[Record excerpts Boundary: Start]
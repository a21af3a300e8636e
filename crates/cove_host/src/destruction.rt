//! The destruction of TVMs.

ghost use Rattle.std.specs.Prelude.{◌≡◌, ◌<◌, ℕ, OnOk, Some, false};
ghost use Rattle.cove_base.specs.Unchanged.{Unchanged};
ghost use Rattle.cove_base.specs.declared.calls.HostCall.TheVariants.{Destroy};
ghost use Rattle.cove_tvm.specs.Called.{Called, IsReady};
ghost use Rattle.cove_host.specs.Checked.{all_checked, checked};
ghost use Rattle.cove_host.specs.Ended.{HasEnded, MayEnd};
ghost use Rattle.cove_host.specs.FoundTvms.{ChangesTvm};
ghost use Rattle.cove_host.specs.HartsInside.{IsFirstInside, is_inside, is_word_of};
ghost use Rattle.cove_model.specs.Checks.{NobodyInside};
ghost use Rattle.cove_model.specs.HostCalls.{rule};
ghost use Rattle.cove_model.specs.LawfulStores.{AllowsLawful};
ghost use Rattle.cove_model.specs.States.{State};
ghost use Rattle.cove_tvm.specs.Stands.{Stands};
ghost use Rattle.cove_tvm.specs.TvmTables.{live_at};
ghost use Rattle.cove_tvm.specs.declared.machines.Tvm.{Tvm};

use crate::checks::DONE;
use crate::lives::live;
use crate::releasing::release_pages;
use cove_base::{HartId, Reply, Status, Words, hart_word};
use cove_clear::clear_tables;
use cove_tvm::{Ground, Life, Tvm};

/// Destroys a TVM that no hart is inside: clears its tables, lowers the count of each page of the host's that it mapped, and
/// then takes its own pages back.
pub fn destroy_tvm<W: Words>(w: &mut W, g: &mut Ground, h: HartId, t: u64) -> Reply
    requires ready { IsReady (W.words w.old) g.old }
    requires on_board { h.0 < g.old.harts }
    requires allowed { AllowsLawful (W.allows (W.guard w.old)) g.old.pages g.old.harts h.0 (W.words w.old) }
    ensures called { Called h.0 (λ S. rule S h.0 (Destroy t)) (W.words w.old) (W.words w.new) g.old g.new result }
    ensures guard { W.guard w.new ≡ W.guard w.old }
{
    match destroyable(w, g, t) {
        Err(reply) => reply,
        Ok(()) => {
            end(w, g, t);
            DONE
        }
    }
}

// The checks of the call, in the order of its rule.
fn destroyable<W: Words>(w: &mut W, g: &Ground, t: u64) -> Result<(), Reply>
    requires ready { IsReady (W.words w.old) g.now }
    ensures told { (hart : ℕ) (S : State) → Stands (W.words w.old) g.now S
        → result ≡ all_checked (rule S hart (Destroy t)).checks }
    ensures outside { OnOk result ((hart : ℕ) → hart < g.now.harts → is_inside g.now.pages g.now.harts (W.words w.old) t hart ≡ false) }
    ensures unchanged { Unchanged W.words W.clean W.guard w.old w.new }
{
    live(g, t)?;
    nobody_inside(w, g, t)
}

// Ends the live TVM `t`.
fn end<W: Words>(w: &mut W, g: &mut Ground, t: u64)
    requires ending { (tvm : Tvm) → live_at g.old.tvms t ≡ Some tvm → MayEnd (W.allows (W.guard w.old)) (W.words w.old) tvm }
    ensures ended { ChangesTvm t (HasEnded (W.words w.old) (W.words w.new)) g.old g.new }
    ensures guard { W.guard w.new ≡ W.guard w.old }
{
    if let Some(tvm) = g.tvms.live_mut(t) {
        end_tvm(w, tvm);
    }
}

// Ends a TVM: its tables are cleared, its pages are taken back, and it is gone.
fn end_tvm<W: Words>(w: &mut W, tvm: &mut Tvm)
    requires ending { MayEnd (W.allows (W.guard w.old)) (W.words w.old) tvm.old }
    ensures ended { HasEnded (W.words w.old) (W.words w.new) tvm.old tvm.new }
    ensures guard { W.guard w.new ≡ W.guard w.old }
{
    let tables = tvm.tables;
    clear_tables(w, &tables, &mut tvm.pool);
    release_pages(w, tvm);
    tvm.life = Life::Gone;
}

// No hart is inside the TVM; the value of a refusal is the least one that is.
fn nobody_inside<W: Words>(w: &mut W, g: &Ground, t: u64) -> Result<(), Reply>
    requires ready { IsReady (W.words w.old) g.now }
    ensures told { (S : State) → Stands (W.words w.old) g.now S → result ≡ checked (NobodyInside S t) }
    ensures outside { OnOk result ((hart : ℕ) → hart < g.now.harts → is_inside g.now.pages g.now.harts (W.words w.old) t hart ≡ false) }
    ensures unchanged { Unchanged W.words W.clean W.guard w.old w.new }
{
    match first_inside(w, g, t) {
        Some(hart) => Err(Reply {
            status: Status::Denied,
            value: u64::from(hart.0),
        }),
        None => Ok(()),
    }
}

// The least hart that is inside a TVM.
fn first_inside<W: Words>(w: &mut W, g: &Ground, t: u64) -> Option<HartId>
    requires ready { IsReady (W.words w.old) g.now }
    ensures first { IsFirstInside g.now.pages g.now.harts (W.words w.old) t result }
    ensures unchanged { Unchanged W.words W.clean W.guard w.old w.new }
{
    for hart in 0..g.harts {
        let word = w.get(hart_word(g.pages, g.harts, HartId(hart)));
        if is_word_of(word, t) {
            return Some(HartId(hart));
        }
    }
    None
}

// Whether a hart's word says that it is inside a TVM: its upper half is then the TVM's number.
fn is_word_of(word: u64, t: u64) -> bool
    ensures { result ≡ is_word_of word t }
{
    word != 0 && word / 0x1_0000_0000 == t
}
[Record excerpts Boundary: End]
Look through the data above and report every line in which "AllowsLawful" appears.

ghost use Rattle.cove_model.specs.LawfulStores.{AllowsLawful};
    requires allowed { AllowsLawful (W.allows (W.guard w.old)) g.old.pages g.old.harts h.0 (W.words w.old) }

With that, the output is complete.